Bioinformatics identifies key genes and potential therapeutic targets in the pathological mechanism of oxidative stress in Randall's plaque

Abstract

Randall's plaque (RP) is recognized as a precursor lesion for kidney stones, with its formation and progression potentially linked to oxidative stress. Previous studies have provided limited insights into the underlying mechanisms of RP, failing to fully elucidate its molecular pathways. To investigate the relationship between oxidative stress and RP, we employed bioinformatics approaches to identify key genes, predict associated pathways and drug molecules, analyze variations in immune cell populations, and construct diagnostic models. We initially identified three differentially expressed genes related to oxidative stress: BFSP1, LONF1, and TAF1D. These genes and their co-expressed counterparts are enriched in pathways related to oxidative phosphorylation, cellular adhesion processes, steroid hormone biosynthesis, and autophagy. Furthermore, we observed significant differences in two types of immune cells across the study groups. Ultimately, predictions from drug molecular docking suggest that BFSP1 may serve as a promising therapeutic target for RP. We propose that the formation of RP mediated by oxidative stress could be associated with BFSP1, LONF1, TAF1D along with CD56dim natural killer cells and memory B cells. Thus far, BFSP1 emerges as a pivotal therapeutic target for RP development. These findings offer new perspectives on the mechanisms underlying the pathogenesis of RP.

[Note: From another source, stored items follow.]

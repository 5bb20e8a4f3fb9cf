//! What begins at a point of a file.

ghost use Rattle.std.specs.Prelude.{◌≡◌, ◌<◌, ◌^◌, length};
ghost use Rattle.life_lex.specs.Scan.{scan_of, IsWithin};

use crate::comment::opens_comment;
use crate::fault::LexFaultKind;
use crate::gap::gap_len;
use crate::literal::opens_literal;
use crate::number::is_too_large;
use crate::token_scan::token_len;

/// What begins at a point of a file.
#[derive(Clone, Copy, Debug, PartialEq, Eq)]
pub(crate) enum Scanned {
    /// Nothing: the file ends here.
    End,
    /// A gap of so many bytes.
    Gap(usize),
    /// A token of so many bytes.
    Token(usize),
    /// Neither.
    Fault(LexFaultKind),
}

/// What begins in front. `line_blank`: only spaces and tabs stand before it on its line.
#[tactic(auto, unfolding(crate::specs::Scan::scan_of))]
pub(crate) fn scan_front(line_blank: bool, bytes: &[u8]) -> Scanned
    requires { length bytes.now < 2 ^ 32 }
    ensures value { result ≡ scan_of line_blank bytes.now }
    ensures bound { IsWithin (length bytes.now) result }
{
    if bytes.is_empty() {
        return Scanned::End;
    }
    if let Some(len) = gap_len(line_blank, bytes) {
        return Scanned::Gap(len);
    }
    if opens_comment(bytes) {
        return Scanned::Fault(LexFaultKind::UnclosedComment);
    }
    if let Some(len) = token_len(bytes) {
        let text = &bytes[..len];
        if is_too_large(text) {
            return Scanned::Fault(LexFaultKind::NumberTooLarge);
        }
        return Scanned::Token(len);
    }
    if opens_literal(bytes) {
        Scanned::Fault(LexFaultKind::UnclosedText)
    } else {
        Scanned::Fault(LexFaultKind::BadByte)
    }
}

Keywords: BFSP1; Bioinformatic analysis; LONRF1; Oxidative stress; Randall's plaque; TAF1D.

Fig. 1

Flow chart.

Fig. 2

(A) Soft threshold β = 7 and scale-free topology fitting index (R2). (B) Analysis of the gene expression network identified different modules in the co-expression data. (C) Relationship between module eigengenes and oxidative stress. Each row in the table corresponds to a module eigengene, and each column corresponds to a trait. The numbers in the table represent the correlation between the module eigengenes and traits, with P-values shown in parentheses below the correlation values. Correlations are color-coded according to the color legend. (D) Correlation heatmap of the eigengene network. Each row and column in the heatmap corresponds to the eigengenes of a module (color-coded). In the heatmap, red indicates high adjacency, while blue indicates low adjacency. The red rectangles on the diagonal represent meta-modules. (E) Correlation between module membership (MM) and oxidative stress (OS) gene significance (GS) for all genes in the greenyellow module. Cor represents the absolute correlation coefficient between GS and MM.

Fig. 3

Selection and enrichment analysis of oxidative stress-related differentially expressed genes (DEGs). (A) The volcano plot illustrates the distribution of DEGs between plaque and control samples. Orange, blue, and gray dots represent genes with upregulated, downregulated, and no significant expression, respectively. (B) The heatmap shows the top 10 DEGs ranked by differential expression. (C) The Venn diagram displays the identification of oxidative stress-related DEGs. (D) Correlation heatmap of hub genes. (E) Boxplot of hub gene expression, with p < 0.05. (F) Co-expression protein interaction network of hub genes. (G) GO enrichment analysis results of co-expressed genes of hub genes.

Fig. 4

Single-gene GSEA and GSVA of hub genes. (A) Single-gene GSEA of BFSP1. (B) Single-gene GSEA of LONRF1. (C) Single-gene GSEA of TAF1D. (D) GSVA of RP.

Fig. 5

Correlation between hub genes and 50 Hallmark signaling pathways. (A) Comparison of Hallmark signaling pathways between the RP group and the control group. (B) Correlation between hub genes and 50 Hallmark signaling pathways.

Fig. 6

Construction and Validation of the Diagnostic Model. (A) Nomogram for predicting RP. (B) ROC curve evaluating the predictive ability of the nomogram model. (C) ROC curve evaluating the predictive ability of BFSP1. (D) ROC curve evaluating the predictive ability of LONRF1. (E) ROC curve evaluating the predictive ability of TAF1D.

Fig. 7

Immune Infiltration Levels between RP and Control Groups. (A) Stacked bar plot showing the relative proportions of infiltrating immune cells. (B) Box plot of estimated proportions of immune cells between the RP and control groups. Asterisks indicate p-values: ****p < 0.0001, ***p < 0.001, **p < 0.01, *p < 0.05. (C) Scatter plot showing the correlation between hub genes and immune cells.

Fig. 8

RBP-mRNA Network. RBP-mRNA regulatory network of hub genes. Light blue represents RBPs, and orange represents mRNAs.

Fig. 9

ceRNA Network. Network diagram of lncRNA–miRNA–mRNA interactions for hub genes. Orange-yellow represents lncRNAs, orange-red represents mRNAs, and light blue represents miRNAs.

Fig. 10

Potential Drugs and Molecular Docking. Molecular docking of the drug compound COMPOUND 111 with the predicted target protein BFSP1.